Directions for this task
Which lines run from the start of the data below to the line containing "fn odds(number: u32, having: u32, failing: u32, passing: u32)"? Set them down exactly, with none added.

[Collected data entries]

[Start of Attachment]

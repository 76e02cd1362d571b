//! Fisher's exact test, one-sided.
ghost use Rattle.std.specs.Prelude.{◌≡◌, ◌+◌, ◌<◌, ◌≤◌, ◌^◌};

// Weights above this are made small again, so that none grows past the largest number.
const LARGE: f64 = 1e200;

const SMALL: f64 = 1e-200;

/// How many of some builds have a property.
#[derive(Clone, Copy, Debug, PartialEq, Eq)]
pub struct Share {
    /// How many have it.
    pub having: u32,
    /// How many builds there are.
    pub all: u32,
    ghost within: { having ≤ all },
}

// By how much it is more or less likely that one more than a number of failing builds have the property.
fn odds(number: u32, having: u32, failing: u32, passing: u32) -> f64
    requires some { number ≤ having }
    requires within { number ≤ failing }
{
    let more = f64::from(having - number) * f64::from(failing - number);
    let next = f64::from(number) + 1.0;
    more / (next * (f64::from(passing) - f64::from(having) + next))
}

/// The chance that at least as many failing builds have a property as do, where nothing but luck says which builds have
/// it: Fisher's exact test, one-sided. It is 0 where it is below the least number of floating point. It takes time
/// linear in the number of failing builds.
///
/// The number of ways for each possible number of failing builds comes from that for one less, as a weight. So the
/// chance is the weight of the numbers that count among that of all.
pub fn chance(failing: Share, passing: Share) -> f64
    requires { failing.all + passing.all < 2 ^ 31 }
{
    let having = failing.having + passing.having;
    let least = having.saturating_sub(passing.all);
    let most = having.min(failing.all);
    let mut weight = 1.0;
    let mut counting = 0.0;
    let mut all = 0.0;
    for number in least..most + 1 {
        all += weight;
        if number >= failing.having {
            counting += weight;
        }
        weight *= odds(number, having, failing.all, passing.all);
        if weight > LARGE {
            weight *= SMALL;
            counting *= SMALL;
            all *= SMALL;
        }
    }
    counting / all
}

#[cfg(test)]
mod tests {
    use super::*;

    // A share of builds.
    fn of(having: u32, all: u32) -> Share
        requires { having ≤ all }
        ensures { result.all ≡ all }
    {
        Share { having, all }
    }

    // Whether a number is due, up to the last of fifteen digits.
    fn is_near(number: f64, due: f64) -> bool {
        let apart = if number < due {
            due - number
        } else {
            number - due
        };
        apart <= due * 1e-14
    }

    // The first one is on the page of scipy.stats.fisher_exact (alternative="greater"), the next two are Fisher's own:
    // his tea tasting and his twins. All others are the numbers nearest to the fractions of whole numbers.
    #[test]
    fn chances_are_those_of_tables(rt: HostRuntime) {
        assert!(rt; is_near(chance(of(6, 8), of(1, 5)), 0.08624708624708627));
        assert!(rt; is_near(chance(of(3, 4), of(1, 4)), 0.24285714285714285));
        assert!(rt; is_near(chance(of(10, 13), of(2, 17)), 0.00046518094336290503));
        assert!(rt; is_near(chance(of(4, 4), of(0, 4)), 0.014285714285714285));
        assert!(rt; is_near(chance(of(13, 13), of(0, 27)), 8.310325587520407e-11));
        assert!(rt; is_near(chance(of(9, 9), of(0, 31)), 3.657124400158456e-09));
        assert!(rt; is_near(chance(of(17, 17), of(3, 43)), 2.9440500435806558e-12));
        assert!(rt; is_near(chance(of(2, 40), of(1, 60)), 0.3505256648113791));
        assert!(rt; is_near(chance(of(30, 100), of(200, 900)), 0.054483711894670654));
        assert!(rt; is_near(chance(of(500, 500), of(0, 500)), 3.699753997814027e-300));
    }

    #[test]
    fn what_must_be_has_chance_1(rt: HostRuntime) {
        assert!(rt; is_near(chance(of(0, 5), of(0, 5)), 1.0));
        assert!(rt; is_near(chance(of(5, 5), of(5, 5)), 1.0));
        assert!(rt; is_near(chance(of(0, 0), of(3, 7)), 1.0));
        assert!(rt; is_near(chance(of(0, 10), of(5, 10)), 1.0));
    }

    #[test]
    fn a_chance_below_the_least_number_is_0(rt: HostRuntime) {
        assert!(rt; is_near(chance(of(1000, 1000), of(0, 9000)), 0.0));
    }
}
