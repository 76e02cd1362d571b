//! A race.
use rev_document::{Shape, To, Tone, Writer};

/// An edge, with the events of the run that the answer is about.
#[derive(Clone, Copy)]
pub struct Edge<'a> {
    /// The event by which its command began.
    pub began: u32,
    /// The event by which its command ended.
    pub ended: u32,
    /// The file of its build statement.
    pub file: &'a [u8],
    /// The line of its build statement.
    pub line: u64,
    /// Its first output.
    pub output: &'a [u8],
}

/// A race of two commands that nothing held apart, and that an order mends.
#[derive(Clone, Copy)]
pub struct Race<'a> {
    /// Its number.
    pub number: u64,
    /// Its stable name.
    pub id: &'a [u8],
    /// The path.
    pub path: &'a [u8],
    /// The edge that makes the path.
    pub maker: Edge<'a>,
    /// The edge that uses it.
    pub user: Edge<'a>,
    /// The output that is to be added to the user's order-only inputs.
    pub mend: &'a [u8],
}

// Adds an edge in words, as `main.o (build.ninja:19)`.
fn push_edge(document: &mut Writer, edge: &Edge<'_>) {
    document.name(To::Words, edge.output);
    document.words(" (");
    document.place(To::Words, edge.file, edge.line);
    document.words(")");
}

// Adds an edge as an object.
fn push_edge_object(document: &mut Writer, member: &'static str, edge: &Edge<'_>) {
    document.open(To::Json(member), Shape::Object);
    document.event(To::Json("began"), edge.began);
    document.event(To::Json("ended"), edge.ended);
    document.name(To::Json("file"), edge.file);
    document.number(To::Json("line"), edge.line);
    document.name(To::Json("output"), edge.output);
    document.close();
}

// Adds the line of the maker.
fn push_maker(document: &mut Writer, race: &Race<'_>) {
    document.paint(Tone::Wrong);
    document.word(To::Both("kind"), "race");
    document.paint(Tone::Plain);
    document.words(" ");
    document.number(To::Json("number"), race.number);
    document.text(To::Json("id"), race.id);
    document.name(To::Both("path"), race.path);
    document.words(" made by ");
    push_edge(document, &race.maker);
    document.line();
}

// Adds the line of the user.
fn push_user(document: &mut Writer, race: &Race<'_>) {
    document.words("  used by ");
    push_edge(document, &race.user);
    document.words(", which does not wait for it ");
    document.paint(Tone::Number);
    document.words("[");
    document.number(To::Words, race.number);
    document.words("]");
    document.paint(Tone::Plain);
    document.line();
}

// Adds the line of what happened in the recording.
fn push_here(document: &mut Writer, race: &Race<'_>) {
    document.words("    here: the maker ended at ");
    document.event(To::Words, race.maker.ended);
    document.words(", the user began at ");
    document.event(To::Words, race.user.began);
    document.words("; ");
    document.word(To::Both("here"), "free");
    document.words(": nothing held it");
    document.line();
    document.word(To::Json("basis"), "finish");
}

// Adds the line of what mends the race.
fn push_mend(document: &mut Writer, race: &Race<'_>) {
    document.words("    ");
    document.paint(Tone::Well);
    document.words("mend: ");
    document.name(To::Words, race.user.file);
    document.words(":");
    document.number(To::Words, race.user.line);
    document.words(": build ");
    document.name(To::Words, race.user.output);
    document.words(": ... || ");
    document.name(To::Both("mend"), race.mend);
    document.paint(Tone::Plain);
    document.line();
}

/// Adds a race.
pub fn push_race(document: &mut Writer, race: &Race<'_>) {
    document.open(To::Both(""), Shape::Object);
    push_maker(document, race);
    push_edge_object(document, "maker", &race.maker);
    push_edge_object(document, "user", &race.user);
    push_user(document, race);
    push_here(document, race);
    push_mend(document, race);
    document.close();
}
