//! Builds, counted by how each command stood to one of them.
ghost use Rattle.std.specs.Prelude.{◌≡◌, true, false, IfOk};
ghost use Rattle.rev_separation.specs.Tallies.{AreTallies, tally_of};

use crate::build::Build;
use crate::pair::Pair;
use std::alloc::{AllocError, Global};

/// In how many builds another command stood in which way to the anchor, at a moment. The builds are either those in
/// which the anchor failed, or those in which it passed.
#[derive(Clone, Copy, Debug, PartialEq, Eq)]
pub struct Tally {
    /// Both ran. An order of the two counts in these builds alone.
    pub both: usize,
    /// Both ran, and the other one had not ended by the moment.
    pub not_ended: usize,
    /// Both ran, and the other one had not begun by the moment.
    pub not_begun: usize,
    /// The anchor ran, and the other one did not, as where Ninja had stopped before.
    pub alone: usize,
}

/// By the number of each command how it stood to the anchor.
#[derive(Drop)]
pub struct Tallies {
    /// In the builds in which the anchor failed.
    pub failing: Vec<Tally>,
    /// In the builds in which it passed.
    pub passing: Vec<Tally>,
}

// The tally of two commands.
#[tactic(auto, unfolding(crate::specs::Tallies::tally_of))]
fn tally_of(pair: Pair, builds: &[Build]) -> Tally
    ensures { result ≡ tally_of pair builds.now }
{
    Tally {
        both: pair.both(builds),
        not_ended: pair.not_ended(builds),
        not_begun: pair.not_begun(builds),
        alone: pair.alone(builds),
    }
}

// The tallies of so many commands, in the builds in which the anchor failed or in those in which it passed.
fn tallied(
    alloc: Global,
    builds: &[Build],
    commands: usize,
    failed: bool,
    anchor: usize,
    after: u32,
) -> Result<Vec<Tally>, AllocError>
    ensures { IfOk result (λ tallies. AreTallies builds.now commands failed anchor after tallies.items) }
{
    let mut tallies = Vec::with_capacity(alloc, commands)?;
    for other in 0..commands {
        let pair = Pair {
            failed,
            anchor,
            other,
            after,
        };
        tallies.push(tally_of(pair, builds))?;
    }
    Ok(tallies)
}

/// How each of so many commands stood to the anchor, so many milliseconds after it began, in the builds in which the
/// anchor failed and in those in which it passed. It takes time linear in commands times builds, and memory linear in
/// commands.
///
/// # Errors
/// [`AllocError`] only where an allocation was refused.
pub fn counted(
    alloc: Global,
    builds: &[Build],
    commands: usize,
    anchor: usize,
    after: u32,
) -> Result<Tallies, AllocError>
    ensures failing { IfOk result (λ all. AreTallies builds.now commands true anchor after all.failing.items) }
    ensures passing { IfOk result (λ all. AreTallies builds.now commands false anchor after all.passing.items) }
{
    let failing = tallied(alloc, builds, commands, true, anchor, after)?;
    let passing = tallied(alloc, builds, commands, false, anchor, after)?;
    Ok(Tallies { failing, passing })
}
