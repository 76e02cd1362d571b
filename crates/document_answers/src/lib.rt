//! Two answers as documents, which are to have the bytes that `ask` and `races` print.
#![tactic(auto)]

mod needs;
mod race;
#[cfg(test)]
mod tests;

pub use needs::{Action, Event, Link, Needs, push_needs};
pub use race::{Edge, Race, push_race};
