// Frames out of a window of a file's data, or out of a whole file.
ghost use Rattle.std.specs.Prelude.{◌≡◌, ◌+◌, ◌*◌, ◌/◌, ◌≤◌, ◌<◌, leb, length};
ghost use Rattle.reference.specs.Refusals.{decide, decision};
ghost use Rattle.reference.specs.Frames.{frame_bytes};
ghost use Rattle.text.specs.Bytes.{Bytes};
ghost use Rattle.dsf.specs.Dsf.{data_frame};
ghost use Rattle.dsf_frames.specs.Reading.{window_start, window_end, window_of, asked_places, window_data, Framed, FramePromise, WindowPromise};
ghost use Rattle.dsf_frames.specs.inner.Windows.{WindowArgs};

use crate::FrameWindow;
use dsf::{DsfHeader, read_header};
use dsf_columns::{Channel, Stretch, column, order_table};
use reference::{FRAME_BYTES, PcmError};

// Tells that a slice's numbers are bytes: of a parameter that is known, of the slice in a `Stretch` it is not.
fn are_bytes(bytes: &[u8])
    ensures { Bytes bytes.now }
{}

// Frame f out of a window of the file's data.
fn frame_from_window(header: DsfHeader, f: u64, window: &Stretch, out: &mut [u8])
    requires { WindowArgs header.channels header.samples f window.now.start (length window.now.bytes.now) (length out.old) }
    ensures { out.new ≡ data_frame (window_data window.now.bytes.now window.now.start) header.channels header.bits_per_sample header.samples f }
{
    are_bytes(window.bytes);
    let channels = header.channels;
    let first = f * FRAME_BYTES as u64;
    let end = (header.samples / 8).min(first + FRAME_BYTES as u64);
    let table = order_table(header.bit_order());
    for number in 0..channels {
        let channel = Channel {
            number,
            channels,
            first,
            end,
        };
        column(window, &table, channel, out);
    }
}

// The groups of blocks that frame f touches.
#[tactic(auto, unfolding(crate::specs::Reading::window_start, crate::specs::Reading::window_end, dsf::specs::Dsf::blocks))]
fn groups(channels: u64, samples: u64, f: u64) -> FrameWindow
    requires { (channels ≤ 6) × (f * frame_bytes < samples / 8) }
    ensures { (result.start ≡ window_start channels f) × (result.end ≡ window_end channels samples f) }
{
    let first = f * FRAME_BYTES as u64;
    let last = (samples / 8).min(first + FRAME_BYTES as u64);
    let start = first / 4096 * 4096 * channels;
    let end = (last + 4095) / 4096 * 4096 * channels;
    FrameWindow { start, end }
}

// What a program that reads a file in pieces reads for a frame. Three numbers and no header: the C call has no more.
#[tactic(auto, using(crate::proofs::Asked::no_window, crate::proofs::Asked::no_channels), unfolding(dsf::specs::Dsf::frames_in))]
pub fn window(channels: u64, samples: u64, frame: u64) -> Option<FrameWindow>
    ensures { result ≡ window_of channels samples frame }
{
    if channels > 6 || (samples / 8).div_ceil(FRAME_BYTES as u64) <= frame {
        return None;
    }
    Some(groups(channels, samples, frame))
}

// Whether a stretch of so many bytes from a start on reaches to an end.
#[tactic(auto, using(crate::proofs::Windows::reach_is))]
pub fn reaches(start: u64, size: u64, end: u64) -> bool
    ensures { result ≡ leb end (start + size) }
{
    end.saturating_sub(start) <= size
}

// Whether a window holds a frame, and a buffer is one. That there are at most six channels is a clause here, as in
// `groups`: the fields of a `DsfHeader` are public, and one with that fact would ask it of whoever makes one.
#[tactic(auto, using(crate::proofs::Asked::no_frame, crate::proofs::Asked::begins_late, crate::proofs::Asked::ends_early, crate::proofs::Asked::wrong_room, crate::proofs::Asked::fits), unfolding(dsf::specs::Dsf::frames_in))]
fn asked(header: DsfHeader, frame: u64, window: &Stretch, room: usize) -> Result<(), PcmError>
    requires { header.channels ≤ 6 }
    ensures { decision result ≡ decide (asked_places header.channels header.samples frame window.now.start (length window.now.bytes.now) room) }
{
    if (header.samples / 8).div_ceil(FRAME_BYTES as u64) <= frame {
        return Err(PcmError::Frames(frame as usize));
    }
    let held = groups(header.channels, header.samples, frame);
    if held.start < window.start || !reaches(window.start, window.bytes.len() as u64, held.end) {
        return Err(PcmError::DsfLength);
    }
    let expected = FRAME_BYTES * header.channels as usize;
    if room != expected {
        return Err(PcmError::OutputBytes(room, expected));
    }
    Ok(())
}

// A frame of a file whose header is accepted.
fn take(header: DsfHeader, frame: u64, window: &Stretch, out: &mut [u8]) -> Result<(), PcmError>
    requires { (1 ≤ header.channels) × (header.channels ≤ 6) }
    ensures { Framed (asked_places header.channels header.samples frame window.now.start (length window.now.bytes.now) (length out.old))
        (data_frame (window_data window.now.bytes.now window.now.start) header.channels header.bits_per_sample header.samples frame) out.old out.new result }
{
    asked(header, frame, window, out.len())?;
    frame_from_window(header, frame, window, out);
    Ok(())
}

// A frame out of a window of the data, with the file's first bytes and its length.
pub fn window_frame(
    head: &[u8],
    length: u64,
    frame: u64,
    window: &[u8],
    start: u64,
    out: &mut [u8],
) -> Result<(), PcmError>
    ensures { WindowPromise head.now «length» frame window.now start out.old out.new result }
{
    let header = read_header(head, length)?;
    let window = Stretch {
        bytes: window,
        start,
    };
    take(header, frame, &window, out)
}

// A frame of a file.
pub fn frame(file: &[u8], frame: u64, out: &mut [u8]) -> Result<(), PcmError>
    ensures { FramePromise file.now frame out.old out.new result }
{
    let data = &file[file.len().min(92)..];
    window_frame(file, file.len() as u64, frame, data, 0, out)
}
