// Frames of a DSF file in our layout. The definition is in dsf's specs, the promises in specs/.
#![tactic(auto)]

mod frames;

pub use frames::{frame, reaches, window, window_frame};

// A stretch of the data, which begins at byte 92 of a file.
#[derive(Clone, Copy, PartialEq, Eq)]
pub struct FrameWindow {
    pub start: u64,
    pub end: u64,
}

[End of Attachment]

Response area
repository 76e02cd1362d571b
//! Fisher's exact test, one-sided.
ghost use Rattle.std.specs.Prelude.{◌≡◌, ◌+◌, ◌<◌, ◌≤◌, ◌^◌};

// Weights above this are made small again, so that none grows past the largest number.
const LARGE: f64 = 1e200;

const SMALL: f64 = 1e-200;

/// How many of some builds have a property.
#[derive(Clone, Copy, Debug, PartialEq, Eq)]
pub struct Share {
    /// How many have it.
    pub having: u32,
    /// How many builds there are.
    pub all: u32,
    ghost within: { having ≤ all },
}

// By how much it is more or less likely that one more than a number of failing builds have the property.
fn odds(number: u32, having: u32, failing: u32, passing: u32) -> f64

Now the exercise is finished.